Saved data entries
Segment Open

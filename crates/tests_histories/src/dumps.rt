//! Dumps: their bytes, as a program apart spells them (`checks/dumps/vectors`), and which bytes are
//! dumps of one history.
use crate::digests::FOUR_PAGES;
use sha2::{Digest, Sha256};
use std::alloc::Global;
use std::process::Abort;
use test_kit::{are_equal, history_of, page_on, replica, seen};
use warm_dump::{DumpError, read_dump, write_dump};
use warm_history::History;
use warm_stamps::BUCKETS;

// The header of the frame of entries of bucket 1, from replica 1 with horizon 0, and their count;
// then 0:1, 0:65 and 1:0.
const HEADER_1: &str = "4c32473201000100000000000000000000004d00000003";

const PAGE_0_1: &str = "000000000000000000010100000000000000050001";

const PAGE_0_65: &str = "0000000000000000004102000000000000001e000100000000000000140001";

const PAGE_1_0: &str = "000100000000000000000100000000000000070001";

// The frame of the entry of bucket 7, and the same in the narrow format.
const OF_BUCKET_7: &str =
    "4c32473201000100000000000000000000002300000001000000000000000000070200000000000000140001000000000000000a0001";

const NARROW_7: &str =
    "4c3247310100010000001f000000010000000000070200000000000000140001000000000000000a0001";

// The header of the frame of digests, and the same in the narrow format.
const DIGESTS: &str = "4c3247320200010000000000000000";

const NARROW_DIGESTS: &str = "4c324731020001";

const TABLE_SIZE: &str = "00000800";

// SHA-256 of no bytes, of the entries of bucket 1, and of those of bucket 7.
const NOTHING: &str = "e3b0c44298fc1c149afbf4c8996fb92427ae41e4649b934ca495991b7852b855";

const SUM_1: &str = "f43b7d2e4105d109ca39e7be2d6f42cee42deb5489334c83edef3f6b7589697f";

const SUM_7: &str = "578d81dbdf5fd3e00779c5bd08a09830e34afd26f902b24c9efa021d201ebb51";

/// A request for all buckets, from replica 1 with horizon 0: 27 bytes.
pub const REQUEST: &str = "4c32473203000100000000000000000000000800000000000000ff";

/// Where the frame of bucket 7, that of the digests and the dump of the four pages end.
pub const FIRST: usize = 96;

pub const SECOND: usize = 150;

pub const WHOLE: usize = 2217;

/// The frame of bucket 1 alone.
pub const FRAME_1: [&str; 4] = [HEADER_1, PAGE_0_1, PAGE_0_65, PAGE_1_0];

/// Puts bytes in hexadecimal behind others.
pub fn put(rt: &impl Abort, alloc: Global, text: &mut Vec<u8>, hexadecimal: &[&str]) {
    for part in hexadecimal {
        let mut bytes = hex::decode(alloc, part.as_bytes()).expect(rt, "pairs of digits");
        text.append(&mut bytes).expect(rt, "memory for bytes");
    }
}

// Puts the digests of the four pages behind other bytes.
fn put_sums(rt: &impl Abort, alloc: Global, text: &mut Vec<u8>) {
    for index in 0..BUCKETS {
        let sum = match index {
            1 => SUM_1,
            7 => SUM_7,
            _ => NOTHING,
        };
        put(rt, alloc, text, &[sum]);
    }
}

/// The dump of the four pages with what is put between its frames of entries and before the
/// digests.
pub fn dump_with(rt: &impl Abort, alloc: Global, between: &[&str], before: &[&str]) -> Vec<u8> {
    let mut text = Vec::new(alloc);
    put(rt, alloc, &mut text, &FRAME_1);
    put(rt, alloc, &mut text, between);
    put(rt, alloc, &mut text, before);
    put(rt, alloc, &mut text, &[DIGESTS, TABLE_SIZE]);
    put_sums(rt, alloc, &mut text);
    text
}

/// The dump of the four pages, from replica 1 with horizon 0.
pub fn dump_of_four(rt: &impl Abort, alloc: Global) -> Vec<u8> {
    dump_with(rt, alloc, &[], &[OF_BUCKET_7])
}

/// The history of the four pages.
pub fn four_pages(rt: &impl Abort, alloc: Global) -> History {
    history_of(alloc, &FOUR_PAGES).expect(rt, "memory for a history")
}

/// What is read of bytes.
pub fn read(alloc: Global, text: &[u8]) -> Result<History, DumpError> {
    let mut reader = text;
    read_dump(alloc, &mut reader)
}

// Whether bytes are a dump of the history.
fn is_dump(rt: &impl Abort, alloc: Global, text: &[u8], history: &History) -> bool {
    let read = read(alloc, text).expect(rt, "a dump");
    are_equal(&read, history)
}

fn written(rt: &impl Abort, alloc: Global, number: u16, history: &History) -> Vec<u8> {
    let mut text = Vec::new(alloc);
    write_dump(alloc, &mut text, replica(number), history).expect(rt, "memory for a dump");
    text
}

#[test]
fn four_pages_are_spelled_so(rt: HostRuntime) {
    let history = four_pages(&rt, rt.alloc());
    let text = written(&rt, rt.alloc(), 1, &history);
    let want = dump_of_four(&rt, rt.alloc());
    assert!(rt; want.len() == WHOLE);
    assert!(rt; text.as_slice() == want.as_slice());
    assert!(rt; is_dump(&rt, rt.alloc(), &want, &history));
}

// Whether the bytes have this SHA-256.
fn has_sum(rt: &impl Abort, alloc: Global, text: &[u8], sum: &str) -> bool {
    let mut hasher = Sha256::new();
    hasher.update(text);
    let shown = hex::encode(alloc, hasher.finalize().as_slice()).expect(rt, "memory for digits");
    shown.as_str() == sum
}

// A dump has this size and this SHA-256, and reads back.
fn is_spelled_so(
    rt: &impl Abort,
    alloc: Global,
    number: u16,
    history: &History,
    size: usize,
    sum: &str,
) {
    let text = written(rt, alloc, number, history);
    assert!(rt; text.len() == size);
    assert!(rt; has_sum(rt, alloc, &text, sum));
    assert!(rt; is_dump(rt, alloc, &text, history));
}

#[test]
fn nothing_is_64_digests(rt: HostRuntime) {
    let sum = "5e2f1314e48e32d1073b55702ebfb5079bd3d981dae92222b2daf0f09d002895";
    is_spelled_so(&rt, rt.alloc(), 1, &History::new(rt.alloc()), 2067, sum);
}

#[test]
fn a_horizon_is_in_each_frame(rt: HostRuntime) {
    let mut history = four_pages(&rt, rt.alloc());
    history.raise(12);
    let sum = "22fb048dab6231e5415e019827d280240da093d0083206f13a8bddc689091d9a";
    is_spelled_so(&rt, rt.alloc(), 2, &history, 2165, sum);
}

// The pages of two devices in turn, each with a stamp of replica 1 and a later one of replica 2.
fn many_pages(rt: &impl Abort, alloc: Global, pages: u64) -> History {
    let mut history = History::new(alloc);
    for i in 0..pages {
        let page = page_on(u16::from(i % 2 == 1), i / 2);
        let both = [seen(page, i, 1), seen(page, i.wrapping_add(7), 2)];
        history.absorb(&both).expect(rt, "memory for a page");
    }
    history
}

// Some 1,094 pages in each bucket: a full frame, and one that is not.
#[test]
fn many_pages_have_many_frames(rt: HostRuntime) {
    let history = many_pages(&rt, rt.alloc(), 70_000);
    let sum = "50f72b4c1755bd826e16b1db8db9eab6d23a5ac5c2530e9f80e6542eb1fcdede";
    is_spelled_so(&rt, rt.alloc(), 3, &history, 2_175_011, sum);
}

// A frame of the narrow format, frames that come twice, and a frame of no entries say nothing else.
#[test]
fn other_bytes_of_the_same_history(rt: HostRuntime) {
    let history = four_pages(&rt, rt.alloc());
    let narrow = dump_with(&rt, rt.alloc(), &[], &[NARROW_7]);
    assert!(rt; is_dump(&rt, rt.alloc(), &narrow, &history));
    let twice = dump_with(&rt, rt.alloc(), &[OF_BUCKET_7], &[NARROW_7]);
    assert!(rt; is_dump(&rt, rt.alloc(), &twice, &history));
    let empty = "4c32473201000100000000000000000000000400000000";
    let more = dump_with(&rt, rt.alloc(), &[empty], &[OF_BUCKET_7]);
    assert!(rt; is_dump(&rt, rt.alloc(), &more, &history));
}

#[test]
fn digests_may_be_narrow(rt: HostRuntime) {
    let mut text = Vec::new(rt.alloc());
    put(&rt, rt.alloc(), &mut text, &FRAME_1);
    put(
        &rt,
        rt.alloc(),
        &mut text,
        &[NARROW_7, NARROW_DIGESTS, TABLE_SIZE],
    );
    put_sums(&rt, rt.alloc(), &mut text);
    let history = four_pages(&rt, rt.alloc());
    assert!(rt; is_dump(&rt, rt.alloc(), &text, &history));
}

// Each frame has another sender.
#[test]
fn senders_may_be_several(rt: HostRuntime) {
    let mut text = dump_of_four(&rt, rt.alloc());
    assert!(rt; text.len() == WHOLE);
    text[6] = 64;
    text[FIRST + 6] = 2;
    text[SECOND + 6] = 33;
    let history = four_pages(&rt, rt.alloc());
    assert!(rt; is_dump(&rt, rt.alloc(), &text, &history));
}
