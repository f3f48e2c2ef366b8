//! Test cases that are the rows of a list.
use std::process::Abort;

/// Ends the test if its test case of this number does not hold: the only place where a message is
/// formatted, which is expensive to prove.
pub(crate) fn row_holds(rt: &impl Abort, at: usize, is_so: bool) {
    assert!(rt; is_so, "row {at}");
}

Segment Closed

• What you need to do:
Read through the entries above, and wherever a line holds the string "that", copy it.

• Response area:
/// Where the frame of bucket 7, that of the digests and the dump of the four pages end.
// Some 1,094 pages in each bucket: a full frame, and one that is not.
// A frame of the narrow format, frames that come twice, and a frame of no entries say nothing else.
//! Test cases that are the rows of a list.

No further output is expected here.